Assignment
What number of lines in the entries below include the string "CausePart"? Respond with that number alone.

*** Records

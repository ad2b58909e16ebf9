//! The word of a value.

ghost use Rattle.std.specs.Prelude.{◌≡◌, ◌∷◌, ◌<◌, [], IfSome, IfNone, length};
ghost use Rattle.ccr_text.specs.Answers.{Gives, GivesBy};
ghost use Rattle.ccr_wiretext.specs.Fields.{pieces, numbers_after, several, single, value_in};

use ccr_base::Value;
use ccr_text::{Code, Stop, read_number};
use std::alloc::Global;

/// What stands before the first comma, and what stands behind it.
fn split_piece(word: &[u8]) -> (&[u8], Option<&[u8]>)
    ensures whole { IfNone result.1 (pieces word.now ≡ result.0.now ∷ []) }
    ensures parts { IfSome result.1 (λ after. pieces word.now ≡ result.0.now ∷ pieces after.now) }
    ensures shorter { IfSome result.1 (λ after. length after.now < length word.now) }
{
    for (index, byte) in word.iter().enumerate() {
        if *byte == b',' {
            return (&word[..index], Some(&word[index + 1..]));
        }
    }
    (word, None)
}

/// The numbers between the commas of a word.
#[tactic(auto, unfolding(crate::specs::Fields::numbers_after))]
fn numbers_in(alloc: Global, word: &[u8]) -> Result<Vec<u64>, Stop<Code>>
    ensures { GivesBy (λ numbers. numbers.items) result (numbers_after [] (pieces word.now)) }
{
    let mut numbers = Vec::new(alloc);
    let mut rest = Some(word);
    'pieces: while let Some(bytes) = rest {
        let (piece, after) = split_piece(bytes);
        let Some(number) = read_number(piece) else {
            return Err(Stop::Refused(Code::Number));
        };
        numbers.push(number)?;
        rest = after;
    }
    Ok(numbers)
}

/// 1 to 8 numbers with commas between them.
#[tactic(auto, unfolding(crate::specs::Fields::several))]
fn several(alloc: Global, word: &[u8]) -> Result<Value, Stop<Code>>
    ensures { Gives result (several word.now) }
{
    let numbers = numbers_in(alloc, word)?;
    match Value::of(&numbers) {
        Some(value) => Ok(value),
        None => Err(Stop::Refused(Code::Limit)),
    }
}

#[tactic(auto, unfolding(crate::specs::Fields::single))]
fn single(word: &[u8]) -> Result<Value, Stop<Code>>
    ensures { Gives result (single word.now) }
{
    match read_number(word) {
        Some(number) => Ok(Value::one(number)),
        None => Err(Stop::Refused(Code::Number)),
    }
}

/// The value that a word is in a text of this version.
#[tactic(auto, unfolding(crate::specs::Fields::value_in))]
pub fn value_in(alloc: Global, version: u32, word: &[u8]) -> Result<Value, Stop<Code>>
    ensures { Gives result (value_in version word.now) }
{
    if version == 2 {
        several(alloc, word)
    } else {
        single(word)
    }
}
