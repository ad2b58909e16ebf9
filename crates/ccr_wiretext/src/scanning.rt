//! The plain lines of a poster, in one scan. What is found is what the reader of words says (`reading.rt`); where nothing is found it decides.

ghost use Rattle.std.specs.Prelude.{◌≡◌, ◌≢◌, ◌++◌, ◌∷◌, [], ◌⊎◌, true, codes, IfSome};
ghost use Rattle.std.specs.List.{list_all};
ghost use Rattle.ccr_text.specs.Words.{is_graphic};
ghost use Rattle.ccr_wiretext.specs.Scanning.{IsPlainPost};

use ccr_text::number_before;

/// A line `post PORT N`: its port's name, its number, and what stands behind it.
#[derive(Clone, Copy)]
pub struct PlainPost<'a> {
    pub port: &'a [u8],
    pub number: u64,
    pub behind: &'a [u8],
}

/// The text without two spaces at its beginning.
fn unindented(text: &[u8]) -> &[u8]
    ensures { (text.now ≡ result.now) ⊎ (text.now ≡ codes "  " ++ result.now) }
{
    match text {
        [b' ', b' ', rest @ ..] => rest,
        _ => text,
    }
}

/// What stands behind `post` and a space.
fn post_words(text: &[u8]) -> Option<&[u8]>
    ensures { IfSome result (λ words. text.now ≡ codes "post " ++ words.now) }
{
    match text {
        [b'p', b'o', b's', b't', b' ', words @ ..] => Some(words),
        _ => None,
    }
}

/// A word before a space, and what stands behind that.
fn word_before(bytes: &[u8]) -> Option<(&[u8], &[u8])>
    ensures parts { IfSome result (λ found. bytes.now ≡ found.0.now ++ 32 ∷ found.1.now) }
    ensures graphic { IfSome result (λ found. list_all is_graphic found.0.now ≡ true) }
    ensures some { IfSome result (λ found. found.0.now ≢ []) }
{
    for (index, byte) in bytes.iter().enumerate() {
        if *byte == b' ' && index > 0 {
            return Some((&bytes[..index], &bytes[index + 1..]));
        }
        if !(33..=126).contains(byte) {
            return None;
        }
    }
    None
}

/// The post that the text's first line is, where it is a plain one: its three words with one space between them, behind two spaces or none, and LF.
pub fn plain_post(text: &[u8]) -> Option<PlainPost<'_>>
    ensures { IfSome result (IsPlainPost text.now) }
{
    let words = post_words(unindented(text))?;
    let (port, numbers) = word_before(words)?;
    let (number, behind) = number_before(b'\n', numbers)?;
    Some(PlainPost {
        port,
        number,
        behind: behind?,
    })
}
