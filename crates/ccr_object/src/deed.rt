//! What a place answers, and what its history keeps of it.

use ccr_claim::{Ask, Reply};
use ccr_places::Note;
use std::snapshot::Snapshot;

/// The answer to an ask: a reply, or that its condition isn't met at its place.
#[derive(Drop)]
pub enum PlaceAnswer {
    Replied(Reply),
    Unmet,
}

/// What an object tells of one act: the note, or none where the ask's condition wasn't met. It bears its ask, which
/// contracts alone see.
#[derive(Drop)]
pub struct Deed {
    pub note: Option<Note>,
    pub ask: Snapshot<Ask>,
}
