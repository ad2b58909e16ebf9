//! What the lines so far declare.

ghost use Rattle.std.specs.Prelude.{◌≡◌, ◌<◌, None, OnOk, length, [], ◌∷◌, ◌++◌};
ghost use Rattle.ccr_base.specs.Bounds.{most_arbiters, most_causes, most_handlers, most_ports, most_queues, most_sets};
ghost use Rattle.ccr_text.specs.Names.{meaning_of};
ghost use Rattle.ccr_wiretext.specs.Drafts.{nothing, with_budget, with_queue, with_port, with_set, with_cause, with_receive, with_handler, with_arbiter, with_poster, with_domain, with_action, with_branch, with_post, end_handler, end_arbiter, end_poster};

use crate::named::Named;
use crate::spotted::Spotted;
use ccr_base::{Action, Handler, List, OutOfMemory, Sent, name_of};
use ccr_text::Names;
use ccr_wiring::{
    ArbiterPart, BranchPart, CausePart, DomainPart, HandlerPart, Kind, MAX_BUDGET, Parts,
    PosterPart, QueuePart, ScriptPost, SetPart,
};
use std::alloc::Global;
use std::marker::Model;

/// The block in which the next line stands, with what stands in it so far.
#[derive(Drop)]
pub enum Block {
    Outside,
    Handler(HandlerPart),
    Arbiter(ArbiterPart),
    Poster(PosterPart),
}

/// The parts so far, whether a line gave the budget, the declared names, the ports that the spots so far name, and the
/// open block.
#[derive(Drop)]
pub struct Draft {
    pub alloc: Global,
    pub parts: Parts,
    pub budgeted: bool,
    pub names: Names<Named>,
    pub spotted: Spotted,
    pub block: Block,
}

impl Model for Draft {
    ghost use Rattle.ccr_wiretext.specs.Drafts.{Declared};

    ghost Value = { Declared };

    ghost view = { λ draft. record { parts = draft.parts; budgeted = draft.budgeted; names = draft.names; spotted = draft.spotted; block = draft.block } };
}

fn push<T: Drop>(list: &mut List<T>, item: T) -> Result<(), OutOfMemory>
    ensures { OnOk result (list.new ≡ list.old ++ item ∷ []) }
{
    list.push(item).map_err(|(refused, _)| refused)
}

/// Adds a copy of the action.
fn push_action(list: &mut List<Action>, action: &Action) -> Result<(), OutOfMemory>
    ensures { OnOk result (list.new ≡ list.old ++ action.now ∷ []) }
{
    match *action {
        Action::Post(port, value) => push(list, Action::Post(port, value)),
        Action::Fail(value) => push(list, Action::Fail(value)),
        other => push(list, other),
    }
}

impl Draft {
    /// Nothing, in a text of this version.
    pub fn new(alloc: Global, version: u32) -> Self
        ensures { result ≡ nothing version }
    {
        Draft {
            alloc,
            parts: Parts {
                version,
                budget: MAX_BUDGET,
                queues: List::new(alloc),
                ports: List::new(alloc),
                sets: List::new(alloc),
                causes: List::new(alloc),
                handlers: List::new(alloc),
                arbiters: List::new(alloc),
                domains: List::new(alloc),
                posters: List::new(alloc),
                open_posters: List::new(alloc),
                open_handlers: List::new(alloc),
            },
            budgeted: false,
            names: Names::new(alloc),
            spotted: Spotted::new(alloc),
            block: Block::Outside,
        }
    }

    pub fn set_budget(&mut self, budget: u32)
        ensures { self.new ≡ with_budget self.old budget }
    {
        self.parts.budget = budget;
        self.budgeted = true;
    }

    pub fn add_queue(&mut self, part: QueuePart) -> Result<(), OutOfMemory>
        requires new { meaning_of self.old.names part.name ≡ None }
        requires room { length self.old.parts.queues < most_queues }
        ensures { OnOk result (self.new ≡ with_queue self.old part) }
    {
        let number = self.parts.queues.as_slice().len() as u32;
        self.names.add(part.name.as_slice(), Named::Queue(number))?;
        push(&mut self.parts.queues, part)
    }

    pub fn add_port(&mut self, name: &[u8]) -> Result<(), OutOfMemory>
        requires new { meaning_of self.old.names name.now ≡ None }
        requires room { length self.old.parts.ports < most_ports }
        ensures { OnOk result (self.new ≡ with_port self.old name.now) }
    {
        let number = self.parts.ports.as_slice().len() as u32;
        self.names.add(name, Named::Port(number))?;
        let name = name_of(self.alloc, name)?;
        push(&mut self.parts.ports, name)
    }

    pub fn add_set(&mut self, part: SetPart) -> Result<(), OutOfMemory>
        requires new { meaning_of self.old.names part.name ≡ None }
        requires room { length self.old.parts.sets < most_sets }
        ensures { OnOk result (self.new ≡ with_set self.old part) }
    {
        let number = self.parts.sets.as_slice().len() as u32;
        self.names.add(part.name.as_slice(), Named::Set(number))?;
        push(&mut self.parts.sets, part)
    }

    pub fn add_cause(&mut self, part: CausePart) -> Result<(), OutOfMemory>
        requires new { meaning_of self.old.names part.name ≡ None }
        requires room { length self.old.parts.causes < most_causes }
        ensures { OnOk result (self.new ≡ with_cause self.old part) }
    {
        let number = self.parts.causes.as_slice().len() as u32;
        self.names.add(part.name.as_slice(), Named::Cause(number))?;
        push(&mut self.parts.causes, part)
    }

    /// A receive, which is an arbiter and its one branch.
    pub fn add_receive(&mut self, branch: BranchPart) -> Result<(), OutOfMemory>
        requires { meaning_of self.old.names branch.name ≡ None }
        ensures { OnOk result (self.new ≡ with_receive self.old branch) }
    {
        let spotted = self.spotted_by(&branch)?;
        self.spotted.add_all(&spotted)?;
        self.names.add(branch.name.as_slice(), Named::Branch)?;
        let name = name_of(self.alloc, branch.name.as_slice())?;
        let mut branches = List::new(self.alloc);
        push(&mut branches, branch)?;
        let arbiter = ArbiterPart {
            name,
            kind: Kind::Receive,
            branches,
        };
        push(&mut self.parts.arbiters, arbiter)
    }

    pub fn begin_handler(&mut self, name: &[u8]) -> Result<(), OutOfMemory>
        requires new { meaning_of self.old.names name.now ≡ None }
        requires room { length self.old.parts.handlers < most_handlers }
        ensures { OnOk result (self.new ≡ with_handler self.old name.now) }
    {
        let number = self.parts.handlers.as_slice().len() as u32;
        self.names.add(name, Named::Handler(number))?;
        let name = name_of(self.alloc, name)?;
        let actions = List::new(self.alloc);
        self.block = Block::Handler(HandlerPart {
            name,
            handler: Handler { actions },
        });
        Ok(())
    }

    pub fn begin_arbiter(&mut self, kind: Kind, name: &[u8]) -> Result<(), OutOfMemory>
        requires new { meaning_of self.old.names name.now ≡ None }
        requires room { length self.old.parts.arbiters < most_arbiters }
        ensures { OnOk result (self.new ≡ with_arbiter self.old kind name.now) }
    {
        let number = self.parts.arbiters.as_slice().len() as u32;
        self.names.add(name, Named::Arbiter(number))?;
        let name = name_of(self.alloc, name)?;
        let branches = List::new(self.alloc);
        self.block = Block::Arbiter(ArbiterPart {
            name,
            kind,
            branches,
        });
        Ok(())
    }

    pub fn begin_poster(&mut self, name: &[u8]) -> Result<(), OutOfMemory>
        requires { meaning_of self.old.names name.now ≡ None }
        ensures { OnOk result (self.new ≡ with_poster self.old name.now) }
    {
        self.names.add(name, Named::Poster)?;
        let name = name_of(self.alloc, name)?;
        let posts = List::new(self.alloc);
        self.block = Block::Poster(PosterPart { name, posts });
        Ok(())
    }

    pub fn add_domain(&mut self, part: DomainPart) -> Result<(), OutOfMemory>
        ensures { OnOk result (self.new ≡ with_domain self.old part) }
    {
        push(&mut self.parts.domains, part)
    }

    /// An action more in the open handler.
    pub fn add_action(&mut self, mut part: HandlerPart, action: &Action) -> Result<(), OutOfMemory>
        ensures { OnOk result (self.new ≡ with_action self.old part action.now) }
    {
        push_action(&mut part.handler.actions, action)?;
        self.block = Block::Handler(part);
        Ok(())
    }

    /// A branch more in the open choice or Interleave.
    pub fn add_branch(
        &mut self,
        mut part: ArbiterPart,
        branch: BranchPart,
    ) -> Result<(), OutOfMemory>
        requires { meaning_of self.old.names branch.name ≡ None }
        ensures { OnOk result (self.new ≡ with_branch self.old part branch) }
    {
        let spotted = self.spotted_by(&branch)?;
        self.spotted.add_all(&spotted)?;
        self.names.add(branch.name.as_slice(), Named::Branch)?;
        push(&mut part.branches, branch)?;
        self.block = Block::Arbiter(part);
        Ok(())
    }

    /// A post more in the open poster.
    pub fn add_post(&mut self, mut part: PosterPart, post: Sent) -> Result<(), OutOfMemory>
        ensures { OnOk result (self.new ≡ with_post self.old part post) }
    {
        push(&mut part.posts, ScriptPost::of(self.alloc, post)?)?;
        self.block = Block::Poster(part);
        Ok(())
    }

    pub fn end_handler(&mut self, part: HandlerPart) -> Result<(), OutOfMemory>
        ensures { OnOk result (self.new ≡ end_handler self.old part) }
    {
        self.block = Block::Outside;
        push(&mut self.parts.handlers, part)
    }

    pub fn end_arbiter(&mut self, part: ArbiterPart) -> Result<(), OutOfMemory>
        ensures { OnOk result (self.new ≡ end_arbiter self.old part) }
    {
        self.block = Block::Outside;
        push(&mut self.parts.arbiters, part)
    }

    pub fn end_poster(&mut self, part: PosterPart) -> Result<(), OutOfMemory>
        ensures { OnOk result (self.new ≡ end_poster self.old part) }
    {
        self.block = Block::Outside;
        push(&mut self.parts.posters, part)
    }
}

******

Exercise answer
2